After making the appointment with the vet, and calling Christy to come and go with us, I sat him on the couch next to me. We talked about all of the fun things we’d done. “Remember the first time we went to the beach with Vickie, Gregg, Lana and Jenkins? Do you remember how much you loved it? Running up and down the beach, swimming in the ocean, picking up drift wood, digging holes in the sand….”


“And all the times we went to Florida to see Grammy Beth? And the trail rides we went on with Wish, and all of the smells in the woods. What about playing with Callie? Remember the wrestling matches in the living room?”


We went on and on, remembering all of the good, until Christy arrived. I let him walk to the car on his own, and he moved better than he had in weeks. I could see it in his face, he was determined to make this last walk a good one; he knew it was important to go out with fight, and with style, and dignity, just as he’d lived his life.


Christy and I talked about nothing in particular on the way. She was good at distracting me. Jake was calm, lying down in the back seat in his spot. Normally car rides were torture for him, and I hated that we had to do this, but he didn’t fidget or pant.


At the vet, I carried him in, and set him on the bed they had prepared. I lay down next to him, and couldn’t keep it together any longer. I just lost it. He turned his head and started licking my chin and my cheek. In my head, I could hear “It’s ok, Mommy. It’s ok. Don’t worry. Don’t worry.”


I spoke quietly to him. It seemed somehow not right to talk in a normal tone. “I am going to miss you so much. You are the light of my life. You are my great love, my soul mate. I love you more than the sun, the moon, and the stars.” That last part was what I said to him every night. It was our thing.


Then I whispered, “When you get there, go find my mom. Go find my mom and tell her that I love her and I miss her, and to take care of you for me.”
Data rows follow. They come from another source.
//! The words of the union catalogue's command line, how a run ends, and the texts that the program has of its own.
//!
//! `Job::read` answers exactly what the words ask for (`specs/Words.antt`). Beside it are the numbers that words give
//! (`specs/Numbers.antt`), the lines of a script or of a file of questions (`specs/Lines.antt`), the statuses with their
//! numbers and lines (`specs/Statuses.antt`, `specs/Texts.antt`), and the texts of `--help` and `--version`.
//! `specs/Flows.antt` and `specs/Stops.antt` say what goes in and out of a run, and for which causes it stops at an input. Nothing
//! here takes memory, reads or writes: each answer borrows what it was handed. The work is linear in the words but for the
//! comparison of the codes of one command, each with each.
#![tactic(auto)]

pub mod form;
pub mod input;
pub mod job;
pub mod libraries;
pub mod library_file;
pub mod lines;
pub mod loading;
mod names;
pub mod number;
pub mod options;
pub mod prefer;
pub mod script_line;
pub mod status;
pub mod texts;
pub mod trial;
pub mod workers;
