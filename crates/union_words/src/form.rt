//! How an export shows its editions, as the words say.
ghost use Rattle.std.specs.Prelude.{◌≡◌};
ghost use Rattle.union_words.specs.Words;

use union_base::bytes::Bytes;

/// The form in which an export writes its records.
#[derive(Clone, Copy, Debug, PartialEq, Eq)]
pub enum Form {
    /// ISO 2709, with nothing between the records.
    Iso2709,
    /// MARC in JSON, a record on each line.
    Json,
}

/// How an export shows its editions.
#[derive(Clone, Copy, Debug, PartialEq, Eq)]
pub struct Exporting {
    /// The form of its records.
    pub form: Form,
    /// Whether each local field tells whose it is.
    pub owners: bool,
}

/// How an export shows its editions, by the first words `--json` and `--owners` where there are these, and the words after them.
/// Takes no memory.
pub(crate) fn exporting_in(words: &[Bytes]) -> (Exporting, &[Bytes])
    ensures exporting { result.0 ≡ (Words.exporting_in words.now).0 }
    ensures rest { result.1.now ≡ (Words.exporting_in words.now).1 }
{
    let (form, words) = form_in(words);
    let (owners, rest) = owners_in(words);
    (Exporting { form, owners }, rest)
}

/// The form, by a first word `--json` where there is one, and the words after it.
fn form_in(words: &[Bytes]) -> (Form, &[Bytes])
    ensures form { result.0 ≡ (Words.form_in words.now).0 }
    ensures rest { result.1.now ≡ (Words.form_in words.now).1 }
{
    match words {
        [word, rest @ ..] if is_json_word(word.bytes()) => (Form::Json, rest),
        _ => (Form::Iso2709, words),
    }
}

/// Whether local fields tell whose they are, by a first word `--owners` where there is one, and the words after it.
fn owners_in(words: &[Bytes]) -> (bool, &[Bytes])
    ensures owners { result.0 ≡ (Words.owners_in words.now).0 }
    ensures rest { result.1.now ≡ (Words.owners_in words.now).1 }
{
    match words {
        [word, rest @ ..] if is_owners_word(word.bytes()) => (true, rest),
        _ => (false, words),
    }
}

fn is_json_word(word: &[u8]) -> bool
    ensures { result ≡ Words.is_json_word word.now }
{
    word == b"--json".as_slice()
}

fn is_owners_word(word: &[u8]) -> bool
    ensures { result ≡ Words.is_owners_word word.now }
{
    word == b"--owners".as_slice()
}
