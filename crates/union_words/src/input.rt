//! What the program reads.
ghost use Rattle.std.specs.Prelude.{◌≡◌};
ghost use Rattle.union_words.specs.Texts.{input_name};

use union_base::library_code::LibraryCode;

/// An input, as a status names it.
#[derive(Clone, Copy, Debug, PartialEq, Eq)]
pub enum Input {
    /// A library's file.
    Library(LibraryCode),
    /// The file of questions.
    Asks,
    /// The script.
    Script,
    /// The file of names.
    Names,
}

impl Input {
    /// How the input is named in a text: a library by its code. Takes no memory.
    pub fn name(&self) -> &[u8]
        ensures { result.now ≡ input_name self.now }
    {
        match self {
            Input::Library(library) => library.bytes(),
            Input::Asks => b"asks",
            Input::Script => b"script",
            Input::Names => b"names",
        }
    }
}
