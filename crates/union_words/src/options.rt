//! The options that the commands which load libraries have in common.
ghost use Rattle.std.specs.Prelude.{◌≡◌};
ghost use Rattle.union_words.specs.Meanings.{options_meaning};
ghost use Rattle.union_words.specs.Words;

use crate::names::names_in;
use crate::prefer::prefer_in;
use crate::workers::{Workers, workers_in};
use field_merge::preference::Preference;
use union_base::bytes::Bytes;

/// How many workers load, whose record is preferred, where the file of names is, and the words after the options that say so.
#[derive(Clone, Copy)]
pub(crate) struct Options<'a> {
    pub(crate) workers: Workers,
    pub(crate) prefer: Preference,
    pub(crate) names: Option<&'a [u8]>,
    pub(crate) rest: &'a [Bytes],
}

impl<'a> Options<'a> {
    /// The options at the head of the words: the workers before the preference, and this before the file of names, each where
    /// it stands. Takes no memory.
    pub(crate) fn read(words: &'a [Bytes]) -> Options<'a>
        ensures { options_meaning result ≡ Words.options_in words.now }
    {
        let (workers, words) = workers_in(words);
        let (prefer, words) = prefer_in(words);
        let (names, rest) = names_in(words);
        Options {
            workers,
            prefer,
            names,
            rest,
        }
    }
}
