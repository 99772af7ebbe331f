//! How a run ended.
ghost use Rattle.std.specs.Prelude.{◌≡◌, ◌++◌};
ghost use Rattle.union_words.specs.Statuses.{exit_number};
ghost use Rattle.union_words.specs.Texts.{early_text};

use crate::input::Input;

/// How a run of the program ended.
#[derive(Clone, Copy, Debug, PartialEq, Eq)]
pub enum Status {
    /// All was done.
    Done,
    /// All was done, and something in the input was refused.
    DoneWithRefusals,
    /// The words are in no form that the program has.
    Usage,
    /// This input could not be opened.
    OpenFault(Input),
    /// A read of this input failed.
    ReadFault(Input),
    /// A write of an output failed.
    WriteFault,
    /// This input has more bytes than the program reads.
    TooLong(Input),
    /// Memory ran out.
    Memory,
}

impl Status {
    /// The number with which the process ends.
    pub fn exit_number(self) -> u8
        ensures { result ≡ exit_number self }
    {
        match self {
            Status::Done => 0,
            Status::DoneWithRefusals => 1,
            Status::Usage => 2,
            Status::OpenFault(_) => 3,
            Status::ReadFault(_) => 4,
            Status::WriteFault => 5,
            Status::TooLong(_) => 6,
            Status::Memory => 7,
        }
    }

    /// The one line that tells how the run ended, in three parts: what stands before an input's name, the name, and
    /// what stands after it. All three are empty for a run that was done or could not write. Takes no memory.
    pub fn early_parts(&self) -> (&[u8], &[u8], &[u8])
        ensures { result.0.now ++ (result.1.now ++ result.2.now) ≡ early_text self.now }
    {
        match self {
            Status::Done | Status::DoneWithRefusals | Status::WriteFault => (&[], &[], &[]),
            Status::Usage => (b"union: bad command line", &[], b"\n"),
            Status::OpenFault(input) => (b"union: cannot open ", input.name(), b"\n"),
            Status::ReadFault(input) => (b"union: read failed in ", input.name(), b"\n"),
            Status::TooLong(input) => (b"union: ", input.name(), b" is too long\n"),
            Status::Memory => (b"union: out of memory", &[], b"\n"),
        }
    }
}
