//! How a command loads the files of its libraries, as the words say.
ghost use Rattle.std.specs.Prelude.{◌≡◌};
ghost use Rattle.std.specs.Option.{option_map};
ghost use Rattle.union_words.specs.Meanings.{loading_meaning, options_meaning};
ghost use Rattle.union_words.specs.Words;

use crate::libraries::Libraries;
use crate::options::Options;
use crate::workers::Workers;
use field_merge::preference::Preference;
use union_base::bytes::Bytes;

/// How many workers load the files, whose record is preferred, where the file of names is, and the libraries. It borrows the words.
#[derive(Clone, Copy)]
pub struct Loading<'a> {
    pub workers: Workers,
    /// The libraries that are preferred, the best first. They need not be among those that are loaded.
    pub prefer: Preference,
    /// The path of the file of names, where there is one.
    pub names: Option<&'a [u8]>,
    pub libraries: Libraries<'a>,
}

impl<'a> Loading<'a> {
    /// The loading of the libraries that the words name, as the options say: None exactly where these are not one to 64 words `LIB=PATH` with
    /// distinct codes. Takes no memory. Compares each pair of words.
    pub(crate) fn read(options: Options<'a>, words: &'a [Bytes]) -> Option<Loading<'a>>
        ensures { option_map loading_meaning result
            ≡ Words.loading_of (options_meaning options.entry) words.now }
    {
        match Libraries::read(words) {
            Some(libraries) => Some(Loading {
                workers: options.workers,
                prefer: options.prefer,
                names: options.names,
                libraries,
            }),
            None => None,
        }
    }
}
When it was time, and all the papers were signed, the vet came in with the syringes. Jake had always been afraid of needles, and I realized I had neglected to tell him that needles were a part of this deal. He freaked out and fought like a tiger, which did not make anything easier on me. But it was very typical Jake, and in retrospect I am glad he went out fighting, just like he always did.


The vet tech held his back end, and I held the front, crying and asking him to please calm down please don’t do this please calm down IloveyouIloveyouIloveyou, and then I watched her push first the white stuff and then the pink stuff, and he was gone.


That’s it. He was gone.


There was maybe one beat, one breath of mine that existed without his, the first in sixteen years, and then all hell broke loose. I was keening and crying, my baby was gone, just gone. I rocked back and forth, Christy held me and I held Jake, or what was Jake. “He’s gone,” I said. “He’s just gone. Just like that. He’s gone.”


His body was still, so still, and so quiet. It hadn’t been either of those things in so long, I had forgotten what that was like. He was at peace, finally, for the first time in so many years. My fighter, my tough guy, my little man, was still and quiet.


I sat and petted him, stroking his fur, which was always so soft. I didn’t want to leave him. I knew he was gone, but I didn’t want to walk out on him. There wasn’t any Jake there anymore, not really, and yet I couldn’t be separated from him. Other than vacations, I hadn’t been apart from him in sixteen years. My life hadn’t existed without him in it for so long, I wasn’t sure what to do next. How do I breathe? How do I live?


Finally, the shock settled in and I could get up and leave him. Before I did that, I sat on a chair next to him, took his face in my hands and said, one more time, “I love you, more than the sun, and the moon, and the stars.”


And then I got up, took one more look at his still, soft, warm body, and left.